Dataset entries:
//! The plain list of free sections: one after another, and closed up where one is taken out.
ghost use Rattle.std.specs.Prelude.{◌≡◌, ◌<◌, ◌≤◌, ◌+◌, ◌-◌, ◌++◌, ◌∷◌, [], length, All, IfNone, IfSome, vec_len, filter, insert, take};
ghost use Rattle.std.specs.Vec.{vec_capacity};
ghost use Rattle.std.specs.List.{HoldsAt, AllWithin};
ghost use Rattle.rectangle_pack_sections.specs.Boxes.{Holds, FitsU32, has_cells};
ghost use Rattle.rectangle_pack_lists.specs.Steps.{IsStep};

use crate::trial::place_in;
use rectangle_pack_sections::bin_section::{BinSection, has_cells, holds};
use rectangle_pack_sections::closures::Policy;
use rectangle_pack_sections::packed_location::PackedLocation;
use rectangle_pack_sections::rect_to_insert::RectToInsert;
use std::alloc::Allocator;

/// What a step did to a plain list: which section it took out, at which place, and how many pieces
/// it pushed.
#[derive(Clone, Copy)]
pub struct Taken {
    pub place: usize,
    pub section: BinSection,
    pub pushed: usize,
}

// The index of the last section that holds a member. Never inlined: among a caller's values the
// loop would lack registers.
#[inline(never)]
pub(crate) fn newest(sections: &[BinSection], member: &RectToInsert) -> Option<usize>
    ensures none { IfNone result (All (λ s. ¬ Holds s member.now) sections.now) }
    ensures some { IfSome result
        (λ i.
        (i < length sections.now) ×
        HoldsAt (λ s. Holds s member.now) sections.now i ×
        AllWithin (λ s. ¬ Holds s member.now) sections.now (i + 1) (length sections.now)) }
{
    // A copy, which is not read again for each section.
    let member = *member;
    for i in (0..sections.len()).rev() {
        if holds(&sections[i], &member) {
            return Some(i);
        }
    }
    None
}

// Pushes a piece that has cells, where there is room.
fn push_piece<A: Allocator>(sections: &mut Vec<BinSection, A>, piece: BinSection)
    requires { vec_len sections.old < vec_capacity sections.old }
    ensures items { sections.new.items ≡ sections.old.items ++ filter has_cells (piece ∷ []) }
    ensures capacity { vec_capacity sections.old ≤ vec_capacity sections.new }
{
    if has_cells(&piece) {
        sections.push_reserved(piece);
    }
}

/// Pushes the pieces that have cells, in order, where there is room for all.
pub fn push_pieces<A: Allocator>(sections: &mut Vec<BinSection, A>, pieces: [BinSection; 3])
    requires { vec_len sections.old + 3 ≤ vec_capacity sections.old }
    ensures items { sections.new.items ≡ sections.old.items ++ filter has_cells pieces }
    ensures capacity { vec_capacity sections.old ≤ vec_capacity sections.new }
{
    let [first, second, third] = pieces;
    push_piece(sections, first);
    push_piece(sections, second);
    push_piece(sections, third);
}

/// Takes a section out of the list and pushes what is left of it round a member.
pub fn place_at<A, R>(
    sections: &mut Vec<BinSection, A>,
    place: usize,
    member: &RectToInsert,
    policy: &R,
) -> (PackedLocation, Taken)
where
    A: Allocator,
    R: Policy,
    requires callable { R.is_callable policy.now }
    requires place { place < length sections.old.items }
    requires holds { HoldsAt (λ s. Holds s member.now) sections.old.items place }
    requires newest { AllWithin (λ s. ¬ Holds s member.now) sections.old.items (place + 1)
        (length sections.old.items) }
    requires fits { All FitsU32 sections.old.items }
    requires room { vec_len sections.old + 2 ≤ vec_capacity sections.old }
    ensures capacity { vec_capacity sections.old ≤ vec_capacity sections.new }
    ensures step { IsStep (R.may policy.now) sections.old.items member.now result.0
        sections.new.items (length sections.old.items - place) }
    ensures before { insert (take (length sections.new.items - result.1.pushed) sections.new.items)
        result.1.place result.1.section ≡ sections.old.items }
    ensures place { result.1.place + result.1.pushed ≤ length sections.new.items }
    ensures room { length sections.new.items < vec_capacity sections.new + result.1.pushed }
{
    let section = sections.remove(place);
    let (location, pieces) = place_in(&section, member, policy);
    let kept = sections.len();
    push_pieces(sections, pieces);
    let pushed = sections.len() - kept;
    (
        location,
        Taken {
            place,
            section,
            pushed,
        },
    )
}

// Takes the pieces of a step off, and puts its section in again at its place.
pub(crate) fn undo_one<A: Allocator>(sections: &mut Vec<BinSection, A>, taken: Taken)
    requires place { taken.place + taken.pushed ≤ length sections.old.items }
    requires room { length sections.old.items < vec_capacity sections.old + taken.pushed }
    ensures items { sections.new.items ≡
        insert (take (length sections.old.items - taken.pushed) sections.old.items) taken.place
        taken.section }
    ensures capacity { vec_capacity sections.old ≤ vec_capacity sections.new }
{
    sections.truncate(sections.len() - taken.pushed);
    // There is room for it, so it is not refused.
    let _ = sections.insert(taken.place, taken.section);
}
--
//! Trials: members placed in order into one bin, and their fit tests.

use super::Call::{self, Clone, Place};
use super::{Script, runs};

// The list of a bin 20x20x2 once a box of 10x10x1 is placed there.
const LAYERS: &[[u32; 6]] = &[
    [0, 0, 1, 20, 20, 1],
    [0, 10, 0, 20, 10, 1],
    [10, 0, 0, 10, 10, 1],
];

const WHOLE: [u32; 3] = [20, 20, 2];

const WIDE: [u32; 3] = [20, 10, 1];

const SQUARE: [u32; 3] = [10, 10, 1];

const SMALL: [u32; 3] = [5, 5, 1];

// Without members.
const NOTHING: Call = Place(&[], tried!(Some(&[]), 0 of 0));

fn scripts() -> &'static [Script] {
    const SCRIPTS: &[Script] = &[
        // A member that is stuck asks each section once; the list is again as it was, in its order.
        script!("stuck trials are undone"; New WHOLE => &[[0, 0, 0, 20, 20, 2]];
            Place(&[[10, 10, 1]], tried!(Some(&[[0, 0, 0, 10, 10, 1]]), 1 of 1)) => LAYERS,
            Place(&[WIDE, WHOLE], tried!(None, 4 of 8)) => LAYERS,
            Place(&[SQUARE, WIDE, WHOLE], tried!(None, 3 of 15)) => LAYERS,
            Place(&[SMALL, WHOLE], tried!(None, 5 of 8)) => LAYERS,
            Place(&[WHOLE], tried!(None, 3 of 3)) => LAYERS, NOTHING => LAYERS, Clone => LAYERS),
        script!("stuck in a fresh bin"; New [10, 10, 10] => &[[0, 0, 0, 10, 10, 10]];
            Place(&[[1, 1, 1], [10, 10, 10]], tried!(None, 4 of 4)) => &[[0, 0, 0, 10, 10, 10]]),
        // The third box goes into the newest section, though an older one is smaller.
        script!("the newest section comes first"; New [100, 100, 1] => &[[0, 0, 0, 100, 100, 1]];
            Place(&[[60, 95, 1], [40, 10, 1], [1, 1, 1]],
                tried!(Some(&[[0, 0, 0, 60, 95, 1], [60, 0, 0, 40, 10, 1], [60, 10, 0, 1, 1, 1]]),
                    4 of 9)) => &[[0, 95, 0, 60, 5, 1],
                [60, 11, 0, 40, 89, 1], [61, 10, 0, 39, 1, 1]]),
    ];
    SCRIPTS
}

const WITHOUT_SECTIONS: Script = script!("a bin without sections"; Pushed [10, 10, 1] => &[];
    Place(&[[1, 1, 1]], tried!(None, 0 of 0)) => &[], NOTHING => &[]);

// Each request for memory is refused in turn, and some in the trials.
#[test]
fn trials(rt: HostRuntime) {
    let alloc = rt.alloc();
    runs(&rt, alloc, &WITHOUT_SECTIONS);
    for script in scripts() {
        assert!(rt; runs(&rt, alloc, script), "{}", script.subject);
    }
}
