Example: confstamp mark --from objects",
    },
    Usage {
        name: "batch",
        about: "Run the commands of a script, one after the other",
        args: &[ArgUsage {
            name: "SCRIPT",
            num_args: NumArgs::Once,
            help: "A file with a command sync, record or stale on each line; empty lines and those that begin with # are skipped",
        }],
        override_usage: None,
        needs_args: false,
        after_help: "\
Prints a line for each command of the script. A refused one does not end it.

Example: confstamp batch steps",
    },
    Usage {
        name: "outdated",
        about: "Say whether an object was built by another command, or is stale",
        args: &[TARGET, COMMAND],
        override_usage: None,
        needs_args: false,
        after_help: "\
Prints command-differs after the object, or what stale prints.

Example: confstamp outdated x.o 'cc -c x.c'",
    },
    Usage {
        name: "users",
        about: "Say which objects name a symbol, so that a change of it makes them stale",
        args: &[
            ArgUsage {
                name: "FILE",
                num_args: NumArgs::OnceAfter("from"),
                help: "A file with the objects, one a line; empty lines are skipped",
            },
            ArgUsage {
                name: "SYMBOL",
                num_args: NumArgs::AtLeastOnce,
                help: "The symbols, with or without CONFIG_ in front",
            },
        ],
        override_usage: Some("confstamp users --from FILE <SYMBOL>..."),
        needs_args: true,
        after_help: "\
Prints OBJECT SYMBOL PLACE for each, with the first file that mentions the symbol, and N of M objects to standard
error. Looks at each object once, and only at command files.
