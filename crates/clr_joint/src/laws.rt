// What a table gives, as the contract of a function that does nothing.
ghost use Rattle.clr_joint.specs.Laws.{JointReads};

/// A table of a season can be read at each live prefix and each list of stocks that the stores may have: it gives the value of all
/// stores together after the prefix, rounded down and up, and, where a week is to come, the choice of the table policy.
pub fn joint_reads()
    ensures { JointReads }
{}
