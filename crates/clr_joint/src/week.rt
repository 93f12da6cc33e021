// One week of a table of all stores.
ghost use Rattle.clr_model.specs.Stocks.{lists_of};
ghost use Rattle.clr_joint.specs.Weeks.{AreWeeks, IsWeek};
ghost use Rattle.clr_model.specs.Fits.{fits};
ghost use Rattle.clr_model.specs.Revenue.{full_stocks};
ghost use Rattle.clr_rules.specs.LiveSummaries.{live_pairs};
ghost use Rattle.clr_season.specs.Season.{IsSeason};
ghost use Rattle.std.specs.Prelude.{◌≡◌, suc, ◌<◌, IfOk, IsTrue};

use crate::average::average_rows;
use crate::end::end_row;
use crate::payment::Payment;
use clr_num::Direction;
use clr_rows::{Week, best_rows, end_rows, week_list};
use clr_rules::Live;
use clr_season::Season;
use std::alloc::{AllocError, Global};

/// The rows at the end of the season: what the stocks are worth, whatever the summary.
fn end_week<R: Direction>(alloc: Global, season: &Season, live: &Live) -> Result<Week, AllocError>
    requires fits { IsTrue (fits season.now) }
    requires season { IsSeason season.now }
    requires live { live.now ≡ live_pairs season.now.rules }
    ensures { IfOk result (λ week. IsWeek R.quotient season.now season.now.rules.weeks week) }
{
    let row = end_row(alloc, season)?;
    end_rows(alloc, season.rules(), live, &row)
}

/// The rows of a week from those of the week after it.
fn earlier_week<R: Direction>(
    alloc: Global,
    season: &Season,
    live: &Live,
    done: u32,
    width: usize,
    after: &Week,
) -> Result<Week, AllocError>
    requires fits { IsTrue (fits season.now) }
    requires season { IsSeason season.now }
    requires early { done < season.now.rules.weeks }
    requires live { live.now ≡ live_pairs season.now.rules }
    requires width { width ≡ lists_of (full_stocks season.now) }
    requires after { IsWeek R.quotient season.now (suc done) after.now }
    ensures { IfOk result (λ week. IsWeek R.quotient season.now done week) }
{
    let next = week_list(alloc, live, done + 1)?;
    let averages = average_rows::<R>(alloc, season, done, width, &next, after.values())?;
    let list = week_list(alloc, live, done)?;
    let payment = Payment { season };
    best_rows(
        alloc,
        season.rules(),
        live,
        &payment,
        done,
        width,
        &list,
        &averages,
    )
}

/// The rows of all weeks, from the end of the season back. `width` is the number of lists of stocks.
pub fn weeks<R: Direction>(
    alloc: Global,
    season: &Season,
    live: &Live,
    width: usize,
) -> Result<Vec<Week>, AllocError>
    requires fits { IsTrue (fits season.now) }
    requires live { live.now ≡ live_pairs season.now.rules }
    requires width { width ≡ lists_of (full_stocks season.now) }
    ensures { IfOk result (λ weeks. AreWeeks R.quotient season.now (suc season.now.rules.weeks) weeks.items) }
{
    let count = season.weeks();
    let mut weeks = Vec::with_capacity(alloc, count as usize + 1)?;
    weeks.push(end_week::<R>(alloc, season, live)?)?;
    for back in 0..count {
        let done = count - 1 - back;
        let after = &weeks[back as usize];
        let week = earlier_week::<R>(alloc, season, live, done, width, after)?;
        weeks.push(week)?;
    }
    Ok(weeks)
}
* * *
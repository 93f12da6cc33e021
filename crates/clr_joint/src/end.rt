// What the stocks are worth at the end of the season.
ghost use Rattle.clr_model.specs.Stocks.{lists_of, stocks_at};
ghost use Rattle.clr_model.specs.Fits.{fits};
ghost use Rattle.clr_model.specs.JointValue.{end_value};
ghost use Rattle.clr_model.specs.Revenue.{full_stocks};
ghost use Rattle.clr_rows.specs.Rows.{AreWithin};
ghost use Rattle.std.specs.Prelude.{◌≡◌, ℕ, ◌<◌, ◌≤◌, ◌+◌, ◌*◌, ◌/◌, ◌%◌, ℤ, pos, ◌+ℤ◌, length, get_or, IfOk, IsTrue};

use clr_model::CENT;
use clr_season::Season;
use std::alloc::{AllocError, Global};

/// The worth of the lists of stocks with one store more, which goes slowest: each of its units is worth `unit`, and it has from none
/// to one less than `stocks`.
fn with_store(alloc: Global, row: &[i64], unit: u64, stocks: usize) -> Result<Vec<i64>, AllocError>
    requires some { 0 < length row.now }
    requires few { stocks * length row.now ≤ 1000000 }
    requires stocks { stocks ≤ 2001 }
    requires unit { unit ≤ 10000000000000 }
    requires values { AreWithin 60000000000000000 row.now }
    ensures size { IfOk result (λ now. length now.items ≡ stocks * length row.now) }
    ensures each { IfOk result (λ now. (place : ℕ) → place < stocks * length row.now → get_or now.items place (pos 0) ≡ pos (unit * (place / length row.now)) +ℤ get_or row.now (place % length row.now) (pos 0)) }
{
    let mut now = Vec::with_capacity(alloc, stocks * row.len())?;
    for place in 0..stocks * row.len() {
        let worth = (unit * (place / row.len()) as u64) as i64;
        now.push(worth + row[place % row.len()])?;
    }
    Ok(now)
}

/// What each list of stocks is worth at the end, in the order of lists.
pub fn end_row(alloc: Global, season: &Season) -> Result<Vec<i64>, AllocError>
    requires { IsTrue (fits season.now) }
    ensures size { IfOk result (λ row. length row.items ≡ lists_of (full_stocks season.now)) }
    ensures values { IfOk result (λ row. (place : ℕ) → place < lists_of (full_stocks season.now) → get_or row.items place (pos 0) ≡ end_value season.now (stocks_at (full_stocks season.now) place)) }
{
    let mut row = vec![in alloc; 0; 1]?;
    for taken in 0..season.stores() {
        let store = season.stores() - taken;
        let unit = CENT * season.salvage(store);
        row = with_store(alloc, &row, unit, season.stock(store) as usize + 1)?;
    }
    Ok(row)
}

TO DO — Compute the number of lines above that contain the string "LAYERS". Reply with that value only.

YOUR SOLUTION — 6